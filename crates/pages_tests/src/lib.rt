// Pages byte for byte, and read back: worked examples for every pair of coders and both versions.

#![tactic(auto)]

#[cfg(test)]
mod worked;
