use bodies::{Plain, Split};
use body_coder::BodyCoder;
use level_coder::LevelCoder;
use levels::{Legacy, Packed};
use pages::{Layout, PageCounts, assemble, page_size, read_page};

const LISTS: Layout = Layout {
    version: 1,
    max_rep_level: 1,
    max_def_level: 2,
    width: 4,
};

const REPS: [u8; 4] = [0, 1, 1, 0];

const DEFS: [u8; 4] = [2, 1, 2, 1];

const FIVE_SEVEN: [u8; 8] = [5, 0, 0, 0, 7, 0, 0, 0];

// Whether a page of two INT32 values is these bytes, has their size, and leaves what is behind it.
fn makes<L: LevelCoder, B: BodyCoder>(layout: Layout, page: &[u8]) -> bool {
    let mut out = [0xEEu8; 40];
    let size = assemble::<L, B>(layout, &REPS, &DEFS, &FIVE_SEVEN, &mut out);
    size == Some(page.len())
        && page_size::<L, B>(layout, 4, 8) == size
        && out.starts_with(page)
        && out.get(page.len()) == Some(&0xEE)
}

// Whether the page reads back as what went in, with the rest of each list as it was.
fn gives<L: LevelCoder, B: BodyCoder>(layout: Layout, page: &[u8]) -> bool {
    let mut reps = [9u8; 5];
    let mut defs = [9u8; 5];
    let mut plain = [9u8; 9];
    let counts = read_page::<L, B>(layout, 4, page, &mut reps, &mut defs, &mut plain);
    let whole = PageCounts {
        levels: 4,
        values: 2,
        bytes: 8,
    };
    counts == Some(whole)
        && reps == [0, 1, 1, 0, 9]
        && defs == [2, 1, 2, 1, 9]
        && plain == [5, 0, 0, 0, 7, 0, 0, 0, 9]
}

#[test]
fn packed_plain_version_1(rt: HostRuntime) {
    let page = [
        2, 0, 0, 0, 3, 6, 3, 0, 0, 0, 3, 0x66, 0, 5, 0, 0, 0, 7, 0, 0, 0,
    ];
    assert!(rt; makes::<Packed, Plain>(LISTS, &page));
    assert!(rt; gives::<Packed, Plain>(LISTS, &page));
}

#[test]
fn packed_split_version_1(rt: HostRuntime) {
    let page = [
        2, 0, 0, 0, 3, 6, 3, 0, 0, 0, 3, 0x66, 0, 5, 7, 0, 0, 0, 0, 0, 0,
    ];
    assert!(rt; makes::<Packed, Split>(LISTS, &page));
    assert!(rt; gives::<Packed, Split>(LISTS, &page));
}

#[test]
fn packed_plain_version_2(rt: HostRuntime) {
    let layout = Layout {
        version: 2,
        ..LISTS
    };
    let page = [3, 6, 3, 0x66, 0, 5, 0, 0, 0, 7, 0, 0, 0];
    assert!(rt; makes::<Packed, Plain>(layout, &page));
    assert!(rt; gives::<Packed, Plain>(layout, &page));
}

#[test]
fn packed_split_version_2(rt: HostRuntime) {
    let layout = Layout {
        version: 2,
        ..LISTS
    };
    let page = [3, 6, 3, 0x66, 0, 5, 7, 0, 0, 0, 0, 0, 0];
    assert!(rt; makes::<Packed, Split>(layout, &page));
    assert!(rt; gives::<Packed, Split>(layout, &page));
}

#[test]
fn legacy_version_1(rt: HostRuntime) {
    let page = [0x60, 0x99, 5, 0, 0, 0, 7, 0, 0, 0];
    assert!(rt; makes::<Legacy, Plain>(LISTS, &page));
    assert!(rt; gives::<Legacy, Plain>(LISTS, &page));
}

#[test]
fn legacy_split_version_1(rt: HostRuntime) {
    let page = [0x60, 0x99, 5, 7, 0, 0, 0, 0, 0, 0];
    assert!(rt; makes::<Legacy, Split>(LISTS, &page));
    assert!(rt; gives::<Legacy, Split>(LISTS, &page));
}

#[test]
fn nulls_only(rt: HostRuntime) {
    let layout = Layout {
        max_rep_level: 0,
        max_def_level: 1,
        ..LISTS
    };
    let mut out = [0xEEu8; 8];
    assert_eq!(rt;
        assemble::<Packed, Plain>(layout, &[], &[0, 0, 0], &[], &mut out),
        Some(6)
    );
    assert_eq!(rt; out, [2, 0, 0, 0, 3, 0, 0xEE, 0xEE]);
    let mut reps = [9u8; 1];
    let mut defs = [9u8; 3];
    let mut plain = [9u8; 1];
    let nulls = PageCounts {
        levels: 3,
        values: 0,
        bytes: 0,
    };
    assert_eq!(rt;
        read_page::<Packed, Plain>(layout, 3, &out[0..6], &mut reps, &mut defs, &mut plain),
        Some(nulls)
    );
    assert!(rt; defs == [0, 0, 0] && reps == [9] && plain == [9]);
}

#[test]
fn largest(rt: HostRuntime) {
    let layout = Layout {
        version: 1,
        max_rep_level: 15,
        max_def_level: 15,
        width: 0,
    };
    let levels = [15u8; 1024];
    let plain = [7u8; 8191];
    let mut out = [0xEEu8; 9228];
    assert_eq!(rt; page_size::<Packed, Plain>(layout, 1024, 8191), Some(9227));
    assert_eq!(rt;
        assemble::<Packed, Plain>(layout, &levels, &levels, &plain, &mut out),
        Some(9227)
    );
    assert!(rt;
        out[0] == 2
            && out[1] == 2
            && out[4] == 0x81
            && out[5] == 2
            && out[9226] == 7
            && out[9227] == 0xEE
    );
}

#[test]
fn refused(rt: HostRuntime) {
    let mut out = [0xEEu8; 20];
    assert_eq!(rt;
        assemble::<Packed, Plain>(LISTS, &REPS, &DEFS, &FIVE_SEVEN, &mut out),
        None
    );
    assert_eq!(rt;
        assemble::<Packed, Plain>(LISTS, &[0, 2], &[2, 2], &[], &mut out),
        None
    );
    assert_eq!(rt;
        assemble::<Packed, Split>(LISTS, &[0], &[2], &[1, 2, 3], &mut out),
        None
    );
    assert_eq!(rt; out, [0xEE; 20]);
    assert_eq!(rt; page_size::<Packed, Plain>(LISTS, 1025, 0), None);
    let bad = [
        2, 0, 0, 0, 3, 6, 4, 0, 0, 0, 3, 0x66, 0, 5, 0, 0, 0, 7, 0, 0, 0,
    ];
    assert!(rt; !gives::<Packed, Plain>(LISTS, &bad));
}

___

**Exercise:**
Once you have read the records, output each one exactly as written.

**Response:**
filename crates/pages_tests/src/lib.rt
// Pages byte for byte, and read back: worked examples for every pair of coders and both versions.

#![tactic(auto)]

#[cfg(test)]
mod worked;
use bodies::{Plain, Split};
use body_coder::BodyCoder;
use level_coder::LevelCoder;
use levels::{Legacy, Packed};
use pages::{Layout, PageCounts, assemble, page_size, read_page};

const LISTS: Layout = Layout {
    version: 1,
    max_rep_level: 1,
    max_def_level: 2,
    width: 4,
};

const REPS: [u8; 4] = [0, 1, 1, 0];

const DEFS: [u8; 4] = [2, 1, 2, 1];

const FIVE_SEVEN: [u8; 8] = [5, 0, 0, 0, 7, 0, 0, 0];

// Whether a page of two INT32 values is these bytes, has their size, and leaves what is behind it.
fn makes<L: LevelCoder, B: BodyCoder>(layout: Layout, page: &[u8]) -> bool {
    let mut out = [0xEEu8; 40];
    let size = assemble::<L, B>(layout, &REPS, &DEFS, &FIVE_SEVEN, &mut out);
    size == Some(page.len())
        && page_size::<L, B>(layout, 4, 8) == size
        && out.starts_with(page)
        && out.get(page.len()) == Some(&0xEE)
}

// Whether the page reads back as what went in, with the rest of each list as it was.
fn gives<L: LevelCoder, B: BodyCoder>(layout: Layout, page: &[u8]) -> bool {
    let mut reps = [9u8; 5];
    let mut defs = [9u8; 5];
    let mut plain = [9u8; 9];
    let counts = read_page::<L, B>(layout, 4, page, &mut reps, &mut defs, &mut plain);
    let whole = PageCounts {
        levels: 4,
        values: 2,
        bytes: 8,
    };
    counts == Some(whole)
        && reps == [0, 1, 1, 0, 9]
        && defs == [2, 1, 2, 1, 9]
        && plain == [5, 0, 0, 0, 7, 0, 0, 0, 9]
}

#[test]
fn packed_plain_version_1(rt: HostRuntime) {
    let page = [
        2, 0, 0, 0, 3, 6, 3, 0, 0, 0, 3, 0x66, 0, 5, 0, 0, 0, 7, 0, 0, 0,
    ];
    assert!(rt; makes::<Packed, Plain>(LISTS, &page));
    assert!(rt; gives::<Packed, Plain>(LISTS, &page));
}

#[test]
fn packed_split_version_1(rt: HostRuntime) {
    let page = [
        2, 0, 0, 0, 3, 6, 3, 0, 0, 0, 3, 0x66, 0, 5, 7, 0, 0, 0, 0, 0, 0,
    ];
    assert!(rt; makes::<Packed, Split>(LISTS, &page));
    assert!(rt; gives::<Packed, Split>(LISTS, &page));
}

#[test]
fn packed_plain_version_2(rt: HostRuntime) {
    let layout = Layout {
        version: 2,
        ..LISTS
    };
    let page = [3, 6, 3, 0x66, 0, 5, 0, 0, 0, 7, 0, 0, 0];
    assert!(rt; makes::<Packed, Plain>(layout, &page));
    assert!(rt; gives::<Packed, Plain>(layout, &page));
}

#[test]
fn packed_split_version_2(rt: HostRuntime) {
    let layout = Layout {
        version: 2,
        ..LISTS
    };
    let page = [3, 6, 3, 0x66, 0, 5, 7, 0, 0, 0, 0, 0, 0];
    assert!(rt; makes::<Packed, Split>(layout, &page));
    assert!(rt; gives::<Packed, Split>(layout, &page));
}

#[test]
fn legacy_version_1(rt: HostRuntime) {
    let page = [0x60, 0x99, 5, 0, 0, 0, 7, 0, 0, 0];
    assert!(rt; makes::<Legacy, Plain>(LISTS, &page));
    assert!(rt; gives::<Legacy, Plain>(LISTS, &page));
}

#[test]
fn legacy_split_version_1(rt: HostRuntime) {
    let page = [0x60, 0x99, 5, 7, 0, 0, 0, 0, 0, 0];
    assert!(rt; makes::<Legacy, Split>(LISTS, &page));
    assert!(rt; gives::<Legacy, Split>(LISTS, &page));
}

#[test]
fn nulls_only(rt: HostRuntime) {
    let layout = Layout {
        max_rep_level: 0,
        max_def_level: 1,
        ..LISTS
    };
    let mut out = [0xEEu8; 8];
    assert_eq!(rt;
        assemble::<Packed, Plain>(layout, &[], &[0, 0, 0], &[], &mut out),
        Some(6)
    );
    assert_eq!(rt; out, [2, 0, 0, 0, 3, 0, 0xEE, 0xEE]);
    let mut reps = [9u8; 1];
    let mut defs = [9u8; 3];
    let mut plain = [9u8; 1];
    let nulls = PageCounts {
        levels: 3,
        values: 0,
        bytes: 0,
    };
    assert_eq!(rt;
        read_page::<Packed, Plain>(layout, 3, &out[0..6], &mut reps, &mut defs, &mut plain),
        Some(nulls)
    );
    assert!(rt; defs == [0, 0, 0] && reps == [9] && plain == [9]);
}

#[test]
fn largest(rt: HostRuntime) {
    let layout = Layout {
        version: 1,
        max_rep_level: 15,
        max_def_level: 15,
        width: 0,
    };
    let levels = [15u8; 1024];
    let plain = [7u8; 8191];
    let mut out = [0xEEu8; 9228];
    assert_eq!(rt; page_size::<Packed, Plain>(layout, 1024, 8191), Some(9227));
    assert_eq!(rt;
        assemble::<Packed, Plain>(layout, &levels, &levels, &plain, &mut out),
        Some(9227)
    );
    assert!(rt;
        out[0] == 2
            && out[1] == 2
            && out[4] == 0x81
            && out[5] == 2
            && out[9226] == 7
            && out[9227] == 0xEE
    );
}

#[test]
fn refused(rt: HostRuntime) {
    let mut out = [0xEEu8; 20];
    assert_eq!(rt;
        assemble::<Packed, Plain>(LISTS, &REPS, &DEFS, &FIVE_SEVEN, &mut out),
        None
    );
    assert_eq!(rt;
        assemble::<Packed, Plain>(LISTS, &[0, 2], &[2, 2], &[], &mut out),
        None
    );
    assert_eq!(rt;
        assemble::<Packed, Split>(LISTS, &[0], &[2], &[1, 2, 3], &mut out),
        None
    );
    assert_eq!(rt; out, [0xEE; 20]);
    assert_eq!(rt; page_size::<Packed, Plain>(LISTS, 1025, 0), None);
    let bad = [
        2, 0, 0, 0, 3, 6, 4, 0, 0, 0, 3, 0x66, 0, 5, 0, 0, 0, 7, 0, 0, 0,
    ];
    assert!(rt; !gives::<Packed, Plain>(LISTS, &bad));
}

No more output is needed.